Jetzt ist Ihre Meinung gefragt zu *Star Trek Picard geht ins Finale: Trailer und Sneak Peak zu Episode 9 - DS9-Darsteller nicht überzeugt*

						Die erste Staffel von Star Trek: Picard geht langsam dem Ende entgegen. Mit "Et in Arcadia Ego, Part 1" veröffentlicht Amazon kommenden Freitag den ersten Teil des Staffelfinales. Wohin die Reise geht, verraten der Trailer und eine Sneak Peak. J.G. Hertzler, bekannt aus Star Trek: Deep Space Nine, übt derweil Kritik an den Autoren. 

						Bitte beachten Sie: Der Kommentarbereich wird gemäß der Forenregeln moderiert. Allgemeine Fragen und Kritik zu Online-Artikeln von PC Games Hardware sind im Feedback-Unterforum zu veröffentlichen und nicht im Kommentarthread zu einer News. Dort werden sie ohne Nachfragen entfernt.

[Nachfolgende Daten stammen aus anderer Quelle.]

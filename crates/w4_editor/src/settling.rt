//! Bringing a kept list up to date.

ghost use Rattle.std.specs.Prelude.{◌≡◌, ◌+◌, ◌-◌, ◌<◌, true, IsOk, OnErr, OnOk, length, Some};
ghost use Rattle.w4_defs.specs.KeptList.{IsSettled, SamePlaces, computed, doubtful, linked_at};
ghost use Rattle.w4_defs.specs.KeptList.{place_at, HasTrueLinks};
ghost use Rattle.w4_defs.specs.FramesRun.{RunsAtMost};
ghost use Rattle.w4_defs.specs.State.{HasGlobals};
ghost use Rattle.w4_editor.specs.Player.{in_state, player_setup};
ghost use Rattle.w4_editor.specs.Settling.{AreLinked, IsComputed, StaysConsistent};

use crate::kept::Kept;
use crate::kept_list::{entry_at, link_at, replace_at};
use crate::player::Player;
use std::alloc::Global;
use std::sync::ledger::Ledger;
use w4_defs::{Input, OutOfMemory, Steps};

/// Puts the state that the inputs between entries `i` and `i + 1` make of the state of entry `i`.
fn compute<L: Ledger>(
    player: &mut Player,
    inputs: &[Input],
    kept: &[Kept],
    i: usize,
    steps: &mut Steps<L>,
)
    requires there { i + 1 < length kept.now }
    requires kept { HasTrueLinks (player_setup player.old) inputs.now kept.now }
    ensures computed { computed (player_setup player.old) inputs.now kept.now i ≡ Some player.new.state }
    ensures same { player.new ≡ in_state player.old player.new.state }
    ensures globals { HasGlobals player.new.cart player.new.state }
    ensures ticks { steps.new ≡ steps.old + (place_at kept.now (i + 1) - place_at kept.now i) }
{
    let from = entry_at(kept, i);
    let to = entry_at(kept, i + 1);
    player.restore(from.snap());
    player.run(&inputs[from.place()..to.place()], steps);
}

/// Brings entry `i + 1` up to date. If its state is found unchanged it is linked, and the replay may end;
/// otherwise the new state is put and the entry after it unlinked.
fn settle_one<L: Ledger>(
    alloc: Global,
    player: &mut Player,
    inputs: &[Input],
    kept: &mut [Kept],
    i: usize,
    steps: &mut Steps<L>,
) -> Result<(), OutOfMemory>
    requires there { i + 1 < length kept.old }
    requires kept { HasTrueLinks (player_setup player.old) inputs.now kept.old }
    ensures ok { OnOk result (IsComputed (player_setup player.old) inputs.now i kept.old kept.new) }
    ensures err { OnErr result (kept.new ≡ kept.old) }
    ensures same { player.new ≡ in_state player.old player.new.state }
    ensures ticks { steps.new ≡ steps.old + (place_at kept.old (i + 1) - place_at kept.old i) }
{
    compute(player, inputs, kept, i, steps);
    if entry_at(kept, i + 1).snap().same(player.state()) {
        link_at(kept, i + 1);
        return Ok(());
    }
    let (snap, _copied) = player.capture(alloc, Some(entry_at(kept, i).snap()))?;
    replace_at(kept, i + 1, snap);
    Ok(())
}

/// Brings the entries up to `last` up to date, in order. If memory is refused, those before are done and the
/// list is still true.
pub(crate) fn settle<L: Ledger>(
    alloc: Global,
    player: &mut Player,
    inputs: &[Input],
    kept: &mut [Kept],
    last: usize,
    steps: &mut Steps<L>,
) -> Result<(), OutOfMemory>
    requires there { last < length kept.old }
    requires first { linked_at kept.old 0 ≡ true }
    requires kept { HasTrueLinks (player_setup player.old) inputs.now kept.old }
    ensures kept { HasTrueLinks (player_setup player.old) inputs.now kept.new }
    ensures places { SamePlaces kept.old kept.new }
    ensures consistent { StaysConsistent (player_setup player.old) inputs.now kept.old kept.new }
    ensures settled { OnOk result (IsSettled last kept.old kept.new) }
    ensures frames_run { OnOk result (RunsAtMost steps.old steps.new (doubtful kept.old kept.new last)) }
    ensures same { player.new ≡ in_state player.old player.new.state }
    ensures linked { AreLinked last kept.old → IsOk result }
{
    for i in 0..last {
        if !entry_at(kept, i + 1).linked() {
            settle_one(alloc, player, inputs, kept, i, steps)?;
        }
    }
    Ok(())
}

			Dieser Inhalt steht nur eingeloggten Mitgliedern zur Verfügung.
        

 Zurück zum Artikel: *Star Trek Picard geht ins Finale: Trailer und Sneak Peak zu Episode 9 - DS9-Darsteller nicht überzeugt*


----------



## WoFNuLL (16. März 2020)

*AW: Star Trek Picard geht ins Finale: Trailer und Sneak Peak zu Episode 9 - DS9-Darsteller nicht überzeugt*

Wenn ich schon die Frage lese von dem Kritiker ... Wie ist Seven wohl auf den Borg Kubus gekommen.

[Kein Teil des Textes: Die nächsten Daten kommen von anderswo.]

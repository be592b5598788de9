//! Drafts: the inputs of a recording with a kept list, and what an edit makes of one.

ghost use Rattle.std.specs.Prelude.{◌≡◌, ◌+◌, ◌<◌, ◌≤◌, All, IfOk, length};
ghost use Rattle.w4_defs.specs.KeptList.{kept_entries};
ghost use Rattle.w4_defs.specs.Session.{delete_draft, insert_draft, set_draft};
ghost use Rattle.w4_editor.specs.Draft.{inputs_after_overwrite, overwrite_draft};

use crate::kept::Kept;
use crate::kept_list::{
    drop_double, move_down_above, move_up_above, share_all, unlink_above, unlink_between,
};
use std::alloc::{AllocError, Global};
use std::marker::Model;
use std::mem;
use w4_defs::Input;
use w4_record::Recording;

/// Inputs with their kept list. A contract sees both.
#[derive(Drop)]
pub struct Draft {
    pub(crate) inputs: Vec<Input>,
    pub(crate) kept: Vec<Kept>,
}

impl Model for Draft {
    ghost use Rattle.w4_defs.specs.KeptList.{Entry};
    ghost use Rattle.w4_defs.specs.Session.{Draft};

    ghost Value = { Draft Entry };

    ghost view = { λ d. record { inputs = d.inputs.items; kept = d.kept.items } };
}

/// The draft with another input `k`.
pub(crate) fn set_draft(
    alloc: Global,
    inputs: &[Input],
    kept: &[Kept],
    k: usize,
    input: Input,
) -> Result<Draft, AllocError>
    requires { k < length inputs.now }
    ensures { IfOk result (λ draft. draft
        ≡ set_draft kept_entries k input (record { inputs = inputs.now; kept = kept.now })) }
{
    let mut inputs = Vec::from_slice(alloc, inputs)?;
    inputs[k] = input;
    let mut kept = share_all(alloc, kept)?;
    unlink_above(kept.as_mut_slice(), k);
    Ok(Draft { inputs, kept })
}

/// The draft with these inputs from input `k` on.
pub(crate) fn overwrite_draft(
    alloc: Global,
    inputs: &[Input],
    kept: &[Kept],
    k: usize,
    written: &[Input],
) -> Result<Draft, AllocError>
    requires start { k ≤ length inputs.now }
    requires few { k + length written.now ≤ 36000 }
    ensures { IfOk result (λ draft. draft
        ≡ overwrite_draft k written.now (record { inputs = inputs.now; kept = kept.now })) }
{
    let inputs = overwritten(alloc, inputs, k, written)?;
    let mut kept = share_all(alloc, kept)?;
    unlink_between(kept.as_mut_slice(), k, k + written.len());
    Ok(Draft { inputs, kept })
}

/// The inputs with these from input `k` on.
fn overwritten(
    alloc: Global,
    inputs: &[Input],
    k: usize,
    written: &[Input],
) -> Result<Vec<Input>, AllocError>
    requires start { k ≤ length inputs.now }
    requires few { k + length written.now ≤ 36000 }
    ensures { IfOk result (λ all. all.items ≡ inputs_after_overwrite k written.now inputs.now) }
{
    let end = k + written.len();
    let mut all = Vec::with_capacity(alloc, end.max(inputs.len()))?;
    all.extend_from_slice(&inputs[..k])?;
    all.extend_from_slice(written)?;
    all.extend_from_slice(&inputs[end.min(inputs.len())..])?;
    Ok(all)
}

/// The draft with an input before input `k`.
pub(crate) fn insert_draft(
    alloc: Global,
    inputs: &[Input],
    kept: &[Kept],
    k: usize,
    input: Input,
) -> Result<Draft, AllocError>
    requires input { k ≤ length inputs.now }
    requires places { All (λ x. x.place < usize.MAX) kept.now }
    ensures { IfOk result (λ draft. draft
        ≡ insert_draft kept_entries k input (record { inputs = inputs.now; kept = kept.now })) }
{
    let mut inputs = Vec::from_slice(alloc, inputs)?;
    inputs.insert(k, input)?;
    let mut kept = share_all(alloc, kept)?;
    let entries = kept.as_mut_slice();
    unlink_above(entries, k);
    move_up_above(entries, k);
    Ok(Draft { inputs, kept })
}

/// The draft without input `k`.
pub(crate) fn delete_draft(
    alloc: Global,
    inputs: &[Input],
    kept: &[Kept],
    k: usize,
) -> Result<Draft, AllocError>
    requires { k < length inputs.now }
    ensures { IfOk result (λ draft. draft
        ≡ delete_draft kept_entries k (record { inputs = inputs.now; kept = kept.now })) }
{
    let mut inputs = Vec::from_slice(alloc, inputs)?;
    inputs.remove(k);
    let mut kept = share_all(alloc, kept)?;
    drop_double(&mut kept, k);
    let left = kept.as_mut_slice();
    unlink_above(left, k);
    move_down_above(left, k);
    Ok(Draft { inputs, kept })
}

/// Makes a draft the current one, and returns the one before. Takes no memory.
pub(crate) fn exchange(recording: &mut Recording, kept: &mut Vec<Kept>, draft: Draft) -> Draft
    requires { length draft.inputs ≤ 36000 }
    ensures before { result ≡ record { inputs = recording.old.frames; kept = kept.old.items } }
    ensures recording { recording.new ≡ record {
      digest = recording.old.digest;
      budget = recording.old.budget;
      disk = recording.old.disk;
      frames = draft.inputs;
    } }
    ensures kept { kept.new.items ≡ draft.kept }
{
    Draft {
        inputs: recording.replace_frames(draft.inputs),
        kept: mem::replace(kept, draft.kept),
    }
}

1. Elnor hat sie gerufen, via dem Transponder in Folge 7
2. Sehr wahrscheinlich kann man den Transponder auch als Beamverstärker anpeilen und sich hinteleportieren
3. Wird sie als ExBorg auch als XB anerkannt, welche eh frei auf den Kubus ohne Rückfragen können. ( Vermute mal Sonderrechte wie Hugh )

Die Folge 8 war wohl mit die Stärkste bisher, die Zuschauerzahlen bestätigen das.


----------



## sfc (16. März 2020)

*AW: Star Trek Picard geht ins Finale: Trailer und Sneak Peak zu Episode 9 - DS9-Darsteller nicht überzeugt*

Ich habe mir dieselbe Frage gestellt, neben einigen anderen. Rios dürfte als großer Mitwisser eigentlich gar nicht mehr leben und Data hätten sie auch schon vor 60 Jahren ausgeschaltet haben müssen. Dazu dieser Quatsch mit den acht als Mahnmal platzierten Sonnen, die man anhand einer Zeichnung als solches erkennen kann, obwohl nur Gekritzel. 

Aber das ist typisch für die Autoren. Es wird ständig behauptet, dass dieser komische Geheimbund voll gefährlich sei und so gut, dass er seit Jahrtausenden heimlich die Geschicke der Romulaner lenkt, wir sehen ihn aber eigentlich nur ziemlich dumme und wenig nachvollziehbare Dinge tun.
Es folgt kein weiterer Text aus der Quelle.